Scan the data below for lines containing the string "lowest" and give only how many there are.

START SOURCE DATA

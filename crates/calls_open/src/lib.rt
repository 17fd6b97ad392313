// The call open. It changes no byte of the arena, and reads it by the chains of `sound`.
#![tactic(auto)]

ghost use Rattle.std.specs.Prelude.{◌≡◌, length};
ghost use Rattle.base.specs.Told.{code};
ghost use Rattle.base.specs.Out.{Went};
ghost use Rattle.table.specs.Table.{empty_table};
ghost use Rattle.sefs.specs.Open.{call_open};
ghost use Rattle.chains.specs.Led.{Led};
ghost use Rattle.calls.specs.Answers.{Replies};
ghost use Rattle.calls.specs.Asked.{Blank};
ghost use Rattle.calls_open.specs.Opens.{is_sefs, open_read};
ghost use Rattle.mem.specs.Mem.{memory_size};

use base::{Reason, index};
use calls::led::admit_arena;
use calls::{Reply, done, refused};
use mem::MEMORY;
use nodes_read::meta::{load_maps, load_super};
use structs::{SEFS_MAGIC, SuperBlock, super_block_at};

fn is_sefs(b: SuperBlock) -> bool
    ensures { result ≡ is_sefs b }
{
    (b.magic == SEFS_MAGIC) & ((0 < b.groups) & (b.groups < 5))
}

// The superblock is read before 18, the maps after.
fn open_read(arena: &[u8], first: &[u16], next: &[u16], mem: &mut [u8]) -> Result<(), Reason>
    requires led { Led arena.now first.now next.now }
    requires mem_len { length mem.old ≡ memory_size }
    ensures { Went (open_read arena.now) empty_table Unit (code result) }
{
    load_super(arena, first, next, mem)?;
    let b = super_block_at(&mem[..], 4403);
    if !is_sefs(b) {
        return Err(Reason::WrongFs);
    }
    load_maps(arena, first, next, mem, index(b.groups))
}

// With the places where the chains, and superblock and maps, go.
fn open_led(arena: &[u8], chains: &mut [u16], mem: &mut [u8]) -> Result<(), Reason>
    requires { Blank chains.old × (length mem.old ≡ memory_size) }
    ensures { Went (call_open arena.now) empty_table Unit (code result) }
{
    admit_arena(arena, chains)?;
    let c = &chains[..];
    open_read(arena, &c[..4096], &c[4096..8192], mem)
}

pub fn open_on(arena: &[u8]) -> Result<(), Reason>
    ensures { Went (call_open arena.now) empty_table Unit (code result) }
{
    let mut chains = [0u16; 8192];
    let mut mem = [0u8; MEMORY];
    open_led(arena, &mut chains, &mut mem)
}

pub fn open(arena: &[u8]) -> Reply
    ensures { Replies empty_table (call_open arena.now) result }
{
    let t = table::empty();
    match open_on(arena) {
        Ok(()) => done(t),
        Err(reason) => refused(t, reason),
    }
}
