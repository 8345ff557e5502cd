// A cell: it takes the links of a state one by one, and gives those of the state after one command of the rule.
ghost use Rattle.std.specs.Prelude.{◌≡◌};
ghost use Rattle.cell.specs.declared.cell.Cell.TheVariants.{Idle};
ghost use Rattle.cell.specs.Cells.{delta_after, twos_after, taken};

use crate::link::Link;
use crate::run::Run;
use rule::command::Command;

// What a cell has taken: no start yet, the link with the start, or more of the run since then.
#[derive(Clone, Copy, PartialEq, Eq, Debug, Default)]
pub enum Cell {
    #[default]
    Idle,
    Started(Link),
    Running(Run),
}

// δ once the command is done, in 16 bits.
fn delta_after(command: Command, delta: i16) -> i16
    ensures { result ≡ delta_after command delta }
{
    match command {
        Command::Cross => 1i16.wrapping_sub(delta),
        Command::Shift => delta.wrapping_add(1),
        Command::PlusMinus { .. } if delta > 0 => -delta,
        Command::Both | Command::PlusMinus { .. } => delta,
    }
}

// The halvings of both once the command is done, in 16 bits.
fn twos_after(command: Command, twos: u16) -> u16
    ensures { result ≡ twos_after command twos }
{
    match command {
        Command::Both => twos.wrapping_add(1),
        _ => twos,
    }
}

impl Cell {
    // A cell that has taken no start.
    pub fn new() -> Cell
        ensures { result ≡ Idle }
    {
        Cell::default()
    }

    // Takes one link and gives one.
    pub fn take(&mut self, link: Link) -> Link
        ensures given { result ≡ (taken self.old link).given }
        ensures cell { self.new ≡ (taken self.old link).cell }
    {
        match self {
            Cell::Idle if link.start => {
                *self = Cell::Started(link);
                Link::default()
            }
            Cell::Idle => Link::default(),
            Cell::Started(first) => {
                let mut run = Run::begin(*first, link.a, link.b);
                let given = Link {
                    start: true,
                    delta: delta_after(run.command, first.delta),
                    twos: twos_after(run.command, first.twos),
                    ..run.take(link.a, link.b)
                };
                *self = Cell::Running(run);
                given
            }
            Cell::Running(run) => run.take(link.a, link.b),
        }
    }
}
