// One command that is done bit by bit, lowest first.
ghost use Rattle.std.specs.Prelude.{◌≡◌};
ghost use Rattle.cell.specs.Bits.{most, carried};
ghost use Rattle.cell.specs.Runs.{fixed, first_carry, begun, plus_minus, place, bits, run_after};

use crate::link::Link;
use rule::command::{Command, Sign};

// The command, the bits of a and b that were taken last, and the carry of a plus or the borrow of a minus.
#[derive(Clone, Copy, PartialEq, Eq, Debug)]
pub struct Run {
    pub command: Command,
    pub a: bool,
    pub b: bool,
    pub carry: bool,
}

// One place of the new numbers: their bits, and the carry or borrow into the next place.
#[derive(Clone, Copy, PartialEq, Eq, Debug)]
struct Place {
    a: bool,
    b: bool,
    carry: bool,
}

// At least two of the three are set.
fn most(x: bool, y: bool, z: bool) -> bool
    ensures { result ≡ most x y z }
{
    x && y || x && z || y && z
}

// What x + y + carry carries into the next place, and what x - y - carry borrows from it.
fn carried(sign: Sign, x: bool, y: bool, carry: bool) -> bool
    ensures { result ≡ carried sign x y carry }
{
    match sign {
        Sign::Plus => most(x, y, carry),
        Sign::Minus => most(!x, y, carry),
    }
}

// The place of a plus or minus: the new a is what was kept, and the new b the sum or difference of x and y.
fn plus_minus(sign: Sign, kept: bool, x: bool, y: bool, carry: bool) -> Place
    ensures { result ≡ plus_minus sign kept x y carry }
{
    Place {
        a: kept,
        b: x ^ y ^ carry,
        carry: carried(sign, x, y, carry),
    }
}

// The command that δ and the two lowest bits of each number fix, the second of them a and b.
fn fixed(first: Link, a: bool, b: bool) -> Command
    ensures { result ≡ fixed first a b }
{
    match (first.a, first.b) {
        (false, false) => Command::Both,
        (false, true) => Command::Cross,
        (true, false) => Command::Shift,
        (true, true) => Command::PlusMinus {
            sign: if a != b { Sign::Plus } else { Sign::Minus },
            exchange: first.delta >= 0,
        },
    }
}

// A plus of two odd numbers carries out of the lowest place; a minus borrows nothing there.
fn first_carry(command: Command) -> bool
    ensures { result ≡ first_carry command }
{
    matches!(
        command,
        Command::PlusMinus {
            sign: Sign::Plus,
            ..
        }
    )
}

impl Run {
    // The run of the command that a first link and the bits after it fix, with the first link taken.
    pub(crate) fn begin(first: Link, a: bool, b: bool) -> Run
        ensures { result ≡ begun first a b }
    {
        let command = fixed(first, a, b);
        Run {
            command,
            a: first.a,
            b: first.b,
            carry: first_carry(command),
        }
    }

    // The next place of the new numbers, by the bits a and b that come.
    fn place(self, a: bool, b: bool) -> Place
        ensures { result ≡ place self.command self a b }
    {
        let Run { command, carry, .. } = self;
        match command {
            Command::Both => Place { a, b, carry },
            Command::Cross => Place {
                a: self.b,
                b: a,
                carry,
            },
            Command::Shift => Place {
                a: self.a,
                b,
                carry,
            },
            Command::PlusMinus {
                sign,
                exchange: false,
            } => plus_minus(sign, self.a, a, b, carry),
            Command::PlusMinus {
                sign,
                exchange: true,
            } => plus_minus(sign, self.b, b, a, carry),
        }
    }

    // Takes the next bits of a and b, and gives the next bits of the new numbers.
    pub(crate) fn take(&mut self, a: bool, b: bool) -> Link
        ensures given { result ≡ bits (place self.old.command self.old a b) }
        ensures run { self.new ≡ run_after self.old a b }
    {
        let place = self.place(a, b);
        self.a = a;
        self.b = b;
        self.carry = place.carry;
        Link {
            a: place.a,
            b: place.b,
            ..Link::default()
        }
    }
}
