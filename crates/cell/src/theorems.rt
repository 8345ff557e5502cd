// The theorem of a cell, as the contract of a function.
ghost use Rattle.cell.specs.Theorems.{CellObeys};

// A cell without a start that takes the links of a state gives a blank link, and then the links of the state after the rule's command.
pub fn cells_obey()
    ensures { CellObeys }
{}
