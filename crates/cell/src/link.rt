// What passes from cell to cell in one beat: one bit of a and one of b.

// A start mark comes with the lowest bits, and δ and twos beside it. They are 0 in every other link.
#[derive(Clone, Copy, PartialEq, Eq, Debug, Default)]
pub struct Link {
    pub start: bool,
    pub a: bool,
    pub b: bool,
    pub delta: i16,
    pub twos: u16,
}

END SOURCE DATA

:: PROBLEM SOLUTION ::
4